307 so that we can get the exact latency and throughput between CloudHub and EdgeHub.
308
309 Different numbers of Edge Nodes and Pods need be tested.
310 * Edge Nodes numbers are one of `[1, 10, 20, 50, 100, 200...]`.
311
312 * Pods numbers per Edge Node are one of `[1, 2, 5, 10, 20...]`.
313
314 Test Cases:
315 * Measure the latency between KubeEdge CloudHub and KubeEdge EdgeHub.
316
317 * Measure the throughput between KubeEdge CloudHub and KubeEdge EdgeHub.
318
319 * Measure CPU and Memory Usage of KubeEdge Cloud Part.
320
321 * Measure CPU and Memory Usage of KubeEdge Edge Part.
322
323 As the result of the latency and throughput, we can evaluate scalability of KubeEdge EdgeHubs also the same with KubeEdge Edge Nodes.
324
325 ## Thresholds
326
327 As the result of Performance Test, we expect to determine the performance and scalability for KubeEdge.
328 This is critical to make some improvement items for KubeEdge.
329 On the other hand, it will give the users recommended setup and user guides on KubeEdge.
330
331 As [this K8S document](https://github.com/kubernetes/community/blob/master/sig-scalability/configs-and-limits/thresholds.md) mentions,
332 since 1.6 release K8S can support 5000 Nodes and 150000 Pods in single cluster.

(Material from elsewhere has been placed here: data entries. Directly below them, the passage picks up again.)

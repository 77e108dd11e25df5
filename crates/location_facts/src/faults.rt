//! Finds the first fault of facts and their proofs.

ghost use Rattle.std.specs.Prelude.{◌≡◌, ◌*ℤ◌, ◌≤◌, ◌<◌, ◌↔◌, ◌+◌, ◌-◌, ◌^◌, List, length, map, nat_abs, pos};
ghost use Rattle.std.specs.Prelude.{IsTrue, IfOk, MatchOption};
ghost use Rattle.std.specs.List.{All};
ghost use Rattle.poly_terms.specs.linear_forms.Combinations.{form_times};
ghost use Rattle.poly_terms.specs.linear_forms.Limits.{certificate_limit};
ghost use Rattle.poly_terms.specs.Views.{form_of};
ghost use Rattle.its_model.specs.Valid.{IsValid};
ghost use Rattle.its_model.specs.Views.{program_of};
ghost use Rattle.farkas_cert.specs.Sizes.{AreSmall};
ghost use Rattle.cert_types.specs.Composing.{AreRowsOf};
ghost use Rattle.location_facts.specs.declared.fact.LocFact.{LocFact as Fact};
ghost use Rattle.location_facts.specs.Certificates.{IsWithinLimit, Shows};
ghost use Rattle.location_facts.specs.CombinedRows.{AreCombined, IsGoalSmall, FindsUnshown, FindsWrong, FindsFactFault};
ghost use Rattle.location_facts.specs.Faults.{rules_into as rules_to, proofs_of, AreProved, AreRight, IsFirstFault};

use crate::checks::{is_right, number_of, rules_into};
use crate::fact::{FactFault, FactProof, LocFact, LocFacts};
use crate::rows::{combined_rows, row_after};
use farkas_cert::{empty, implies};
use guard_prep::RuleRows;
use its_model::Program;
use poly_terms::{Memory, Row};
use std::alloc::{AllocError, Global};

/// The first fault of facts and their proofs, or `None` exactly if there is none. There is none if the facts are
/// candidates in ascending order without repetition; each has a proof for each rule into its symbol, in order, with
/// numbers of at most 2^56 and denominators of at least 1; and each proof shows its fact after its rule. Each fact and
/// the shape of its proofs are checked first, in order, and then each proof, by fact and then by rule.
///
/// # Errors
///
/// `Memory` if an allocation fails, or if the number of the fact that is reported has more than 32 bits.
pub fn facts_fault(
    alloc: Global,
    p: &Program,
    prepared_rules: &[RuleRows],
    f: &LocFacts,
) -> Result<Option<FactFault>, Memory>
    requires valid { IsValid (program_of p.now) }
    requires rows { AreRowsOf prepared_rules.now (program_of p.now) }
    ensures { IfOk result (λ fault. MatchOption fault
        (AreProved (program_of p.now) f.now.kept.items (proofs_of f.now))
        (IsFirstFault (program_of p.now) f.now.kept.items (proofs_of f.now))) }
{
    if f.proofs.len() != f.kept.len() {
        return Ok(Some(FactFault { fact: 0, rule: 0 }));
    }
    match first_wrong(alloc, p, f)? {
        Some(fact) => Ok(Some(FactFault { fact, rule: 0 })),
        None => {
            let rows = rows_by_rule(alloc, p, prepared_rules, &f.kept)?;
            first_unshown(alloc, p, prepared_rules, f, &rows)
        }
    }
}

// The number of the first fact that is wrong, itself or in the shape of its proofs.
fn first_wrong(alloc: Global, p: &Program, f: &LocFacts) -> Result<Option<u32>, Memory>
    requires valid { IsValid (program_of p.now) }
    requires one_each { length f.now.proofs.items ≡ length f.now.kept.items }
    ensures { IfOk result (FindsWrong (program_of p.now) f.now.kept.items (proofs_of f.now)) }
{
    let mut least = 0;
    for i in 0..f.kept.len() {
        let fact = f.kept[i];
        let into = rules_into(alloc, p, fact.symbol)?;
        let right = is_right(p, least, fact, &f.proofs[i], into.len());
        if !right {
            return Ok(Some(number_at(i)?));
        }
        least = number_of(fact) + 1;
    }
    Ok(None)
}

// The number of the fact at a position, from 1; `Memory` if it has more than 32 bits.
fn number_at(position: usize) -> Result<u32, Memory>
    ensures { IfOk result (λ number. number ≡ position + 1) }
{
    if position < u32::MAX as usize {
        Ok(position as u32 + 1)
    } else {
        Err(AllocError)
    }
}

// The first fact with a proof that doesn't certify it, and the rule of that proof.
fn first_unshown(
    alloc: Global,
    p: &Program,
    prepared_rules: &[RuleRows],
    f: &LocFacts,
    rows: &[Vec<Row>],
) -> Result<Option<FactFault>, Memory>
    requires valid { IsValid (program_of p.now) }
    requires prepared_rules { AreRowsOf prepared_rules.now (program_of p.now) }
    requires rows { AreCombined (program_of p.now) f.now.kept.items rows.now }
    requires one_each { length f.now.proofs.items ≡ length f.now.kept.items }
    requires right { AreRight (program_of p.now) f.now.kept.items (proofs_of f.now) (length f.now.kept.items) }
    requires small { All (λ v. AreSmall (map form_of v.items)) rows.now }
    ensures { IfOk result (FindsFactFault (program_of p.now) f.now.kept.items (proofs_of f.now)) }
{
    for i in 0..f.kept.len() {
        if let Some(rule) = unshown_rule(alloc, p, prepared_rules, f.kept[i], &f.proofs[i], rows)? {
            let fact = number_at(i)?;
            return Ok(Some(FactFault { fact, rule }));
        }
    }
    Ok(None)
}

// The first of the rules into a fact's symbol whose proof doesn't certify the fact.
fn unshown_rule(
    alloc: Global,
    p: &Program,
    prepared_rules: &[RuleRows],
    fact: LocFact,
    proofs: &[FactProof],
    rows: &[Vec<Row>],
) -> Result<Option<u32>, Memory>
    requires valid { IsValid (program_of p.now) }
    requires prepared_rules { AreRowsOf prepared_rules.now (program_of p.now) }
    requires one_each { length proofs.now ≡ length (rules_to (program_of p.now) fact.symbol) }
    requires numbers { All IsWithinLimit proofs.now }
    requires many { length rows.now ≡ length p.now.rules.items }
    requires small { All (λ v. AreSmall (map form_of v.items)) rows.now }
    ensures { IfOk result (λ rule. (kept : List Fact) → AreCombined (program_of p.now) kept rows.now
        → FindsUnshown (program_of p.now) kept fact proofs.now rule) }
{
    let into = rules_into(alloc, p, fact.symbol)?;
    for k in 0..into.len() {
        let rule = into[k];
        let prepared_rule = &prepared_rules[rule as usize - 1];
        let own = &rows[rule as usize - 1];
        let proof = &proofs[k];
        let goal = row_after(alloc, &prepared_rule.new_values, fact)?;
        let shown = is_shown(alloc, own, &goal, proof)?;
        if !shown {
            return Ok(Some(rule));
        }
    }
    Ok(None)
}

// The combined rows of each rule, in order.
fn rows_by_rule(
    alloc: Global,
    p: &Program,
    prepared_rules: &[RuleRows],
    kept: &[LocFact],
) -> Result<Vec<Vec<Row>>, Memory>
    requires { AreRowsOf prepared_rules.now (program_of p.now) }
    ensures { IfOk result (λ rows. AreCombined (program_of p.now) kept.now rows.items) }
{
    let mut all = Vec::new(alloc);
    for i in 0..p.rules.len() {
        let prepared_rule = &prepared_rules[i];
        let rule = &p.rules[i];
        let rows = combined_rows(alloc, &prepared_rule.rows, rule.source, kept)?;
        all.push(rows)?;
    }
    Ok(all)
}

// Whether a proof certifies a goal over rows.
fn is_shown(alloc: Global, rows: &[Row], goal: &Row, proof: &FactProof) -> Result<bool, Memory>
    requires rows { AreSmall (map form_of rows.now) }
    requires goal { IsGoalSmall (form_of goal.now) }
    requires within { IsWithinLimit proof.now }
    ensures { IfOk result (λ yes. IsTrue yes ↔ Shows (map form_of rows.now) (form_of goal.now) proof.now) }
{
    match proof {
        FactProof::Empty(multipliers) => {
            let yes = empty(rows, multipliers);
            Ok(yes)
        }
        FactProof::Implied(multipliers, den) => {
            let scaled = times(alloc, *den, goal)?;
            let yes = implies(rows, multipliers, &scaled);
            Ok(yes)
        }
    }
}

// A form times a number.
fn times(alloc: Global, den: u64, goal: &Row) -> Result<Row, Memory>
    requires den { den ≤ certificate_limit }
    requires goal { IsGoalSmall (form_of goal.now) }
    ensures { IfOk result (λ row. form_of row ≡ form_times (pos den) (form_of goal.now)) }
{
    let mut coefs = Vec::new(alloc);
    for coef in &goal.coefs {
        coefs.push(product(*coef, den))?;
    }
    let constant = product(goal.constant, den);
    Ok(Row { coefs, constant })
}

/// A number of a form times another.
pub(crate) fn product(number: i128, den: u64) -> i128
    requires number { nat_abs number ≤ 2 ^ 65 }
    requires den { den ≤ certificate_limit }
    ensures { result ≡ pos den *ℤ number }
{
    number * i128::from(den)
}
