//! Asks, by a linear program, whether a goal follows from rows.

ghost use Rattle.std.specs.Prelude.{◌^◌, ◌+◌, ◌<◌, map, length, IfOk};
ghost use Rattle.std.specs.List.{All};
ghost use Rattle.lp_builder.specs.Descriptions.{IsWritable};
ghost use Rattle.poly_terms.specs.Views.{form_of};
ghost use Rattle.rule_questions.specs.Programs.{IsProblemOf};
ghost use Rattle.location_facts.specs.Kept.{goal_question};
ghost use Rattle.location_facts.specs.Replies.{IsReply};

use farkas_cert::Scaled;
use lp_builder::Builder;
use poly_terms::{Memory, Row};
use rule_questions::{element_from, multipliers_from};
use simplex_core::{Answer, Problem, solve_scaled};
use std::alloc::Global;

/// The answer to whether a goal follows from rows.
#[derive(Drop)]
pub(crate) enum Reply {
    /// Multipliers of the rows that certify a multiple of the goal, and the factor.
    Follows(Vec<u64>, u64),
    /// A point or a ray of the rows at which the goal is below 0.
    Fails(Scaled),
    /// The linear program exceeds a limit.
    OutOfLimits,
}

/// Whether a goal follows from rows over this many unknowns: `Follows` is returned exactly if the linear program that
/// asks it has a solution and hits no limit within this many pivots.
///
/// # Errors
///
/// `Memory` if an allocation fails.
pub(crate) fn ask(
    alloc: Global,
    unknowns: u32,
    rows: &[Row],
    goal: &Row,
    pivots: u32,
) -> Result<Reply, Memory>
    requires few_unknowns { unknowns + 1 < 2 ^ 31 }
    requires few_rows { length rows.now + 1 < 2 ^ 31 }
    requires rows { All (λ r. IsWritable unknowns (form_of r)) rows.now }
    requires goal { IsWritable unknowns (form_of goal.now) }
    ensures { IfOk result (IsReply pivots unknowns (map form_of rows.now) (form_of goal.now)) }
{
    let problem = goal_problem(alloc, unknowns, rows, goal)?;
    match solve_scaled(alloc, &problem, pivots)? {
        Answer::Solution(solution) => {
            let multipliers = multipliers_from(alloc, &solution.numbers, 0, rows.len())?;
            let times = solution.den as u64;
            Ok(Reply::Follows(multipliers, times))
        }
        Answer::Dual(dual) => {
            let element = element_from(alloc, &dual.numbers, 0, unknowns as usize)?;
            Ok(Reply::Fails(element))
        }
        Answer::OutOfLimits(_) => Ok(Reply::OutOfLimits),
    }
}

// The problem that asks whether a goal follows from rows.
fn goal_problem(alloc: Global, unknowns: u32, rows: &[Row], goal: &Row) -> Result<Problem, Memory>
    requires few_unknowns { unknowns + 1 < 2 ^ 31 }
    requires few_rows { length rows.now + 1 < 2 ^ 31 }
    requires rows { All (λ r. IsWritable unknowns (form_of r)) rows.now }
    requires goal { IsWritable unknowns (form_of goal.now) }
    ensures { IfOk result (IsProblemOf (goal_question unknowns (map form_of rows.now) (form_of goal.now))) }
{
    let mut builder = Builder::new(alloc, 0);
    builder.add_group(unknowns, rows, &[], goal)?;
    builder.finish(alloc, &[])
}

333 KubeEdge is based on K8S Master, the difference between K8S Nodes and KubeEdge Edge Nodes
334 is that KubeEdge Edge Nodes are not directly connected with the K8S Master like the K8S Nodes do.
335 The KubeEdge Cloud Part connects K8S Master with KubeEdge Edge Nodes.

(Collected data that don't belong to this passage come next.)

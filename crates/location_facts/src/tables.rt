//! Tables by symbol: the rules that lead to each, and how many facts of each a list has.

ghost use Rattle.std.specs.Prelude.{◌≡◌, ◌<◌, ◌+◌, ◌-◌, ◌^◌, length, slice_index, slice_set, IfOk};
ghost use Rattle.std.specs.List.{All};
ghost use Rattle.its_model.specs.Views.{program_of};
ghost use Rattle.location_facts.specs.Tables.{AreRulesInto, AreCounts};

use crate::candidates::to_u32;
use crate::checks::rules_into;
use crate::fact::LocFact;
use its_model::Program;
use poly_terms::Memory;
use std::alloc::Global;

/// For each symbol of a program, in order, the rules that lead to it, ascending.
///
/// # Errors
///
/// `Memory` if an allocation fails, or if the number of a symbol has more than 32 bits.
pub(crate) fn rules_by_symbol(alloc: Global, p: &Program) -> Result<Vec<Vec<u32>>, Memory>
    requires { length p.now.rules.items < 2 ^ 32 - 1 }
    ensures { IfOk result (λ table. AreRulesInto (program_of p.now) table.items) }
{
    let mut table = Vec::new(alloc);
    for symbol in 0..to_u32(p.symbols.len())? {
        let rules = rules_into(alloc, p, symbol)?;
        table.push(rules)?;
    }
    Ok(table)
}

/// How many of these facts each symbol has, for this many symbols.
///
/// # Errors
///
/// `Memory` if an allocation fails.
pub(crate) fn counts_by_symbol(
    alloc: Global,
    symbols: usize,
    facts: &[LocFact],
) -> Result<Vec<usize>, Memory>
    ensures { IfOk result (λ counts. AreCounts symbols facts.now counts.items) }
{
    let mut counts = vec![in alloc; 0usize; symbols]?;
    for i in 0..facts.len() {
        let fact = facts[i];
        count_one(&mut counts, fact.symbol);
    }
    Ok(counts)
}

// Counts one more fact of a symbol, if the table has the symbol.
fn count_one(counts: &mut Vec<usize>, symbol: u32)
    requires { All (λ count. count < 2 ^ 64 - 1) counts.old.items }
    ensures { counts.new.items
        ≡ slice_set counts.old.items symbol (slice_index counts.old.items symbol + 1) }
{
    let place = symbol as usize;
    if place < counts.len() {
        counts[place] += 1;
    }
}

336 Certainly the KubeEdge Edge Nodes are light weight and making use of less resources like CPU, Memory.
337
338 Currently about KubeEdge we have no performance data which can make comparison with the other systems.
339 But we can measure the performance and scalability for KubeEdge using the Performance Test data.
340 We can get the original test data from KubeEdge 0.3 release, and also make Performance Test for the follow up releases.
341 We define the following thresholds which will be based on the Performance Test data for KubeEdge.
342 In most cases, exceeding these thresholds do not mean KubeEdge fails over,
343 it just means its overall performance degrades.
344
345 | Quantity | 0.3 Release | 1.0 Release | Long Term Goal |
346 |-------------------------------------|----------------|-------------|----------------|
347 | Edge Nodes numbers | | | |
348 | Pods numbers | | | |
349 | Pods numbers per Edge Node | | | |
350 | Device numbers | | | |
351 | Device numbers per Edge Node | | | |
352
353 The KubeEdge Performance Test Cases will exceed 5000 Edge Nodes and 150000 Pods,
354 so that we can make comparison with K8S Cluster.
355 The form will be filled with the first round of Performance Test data.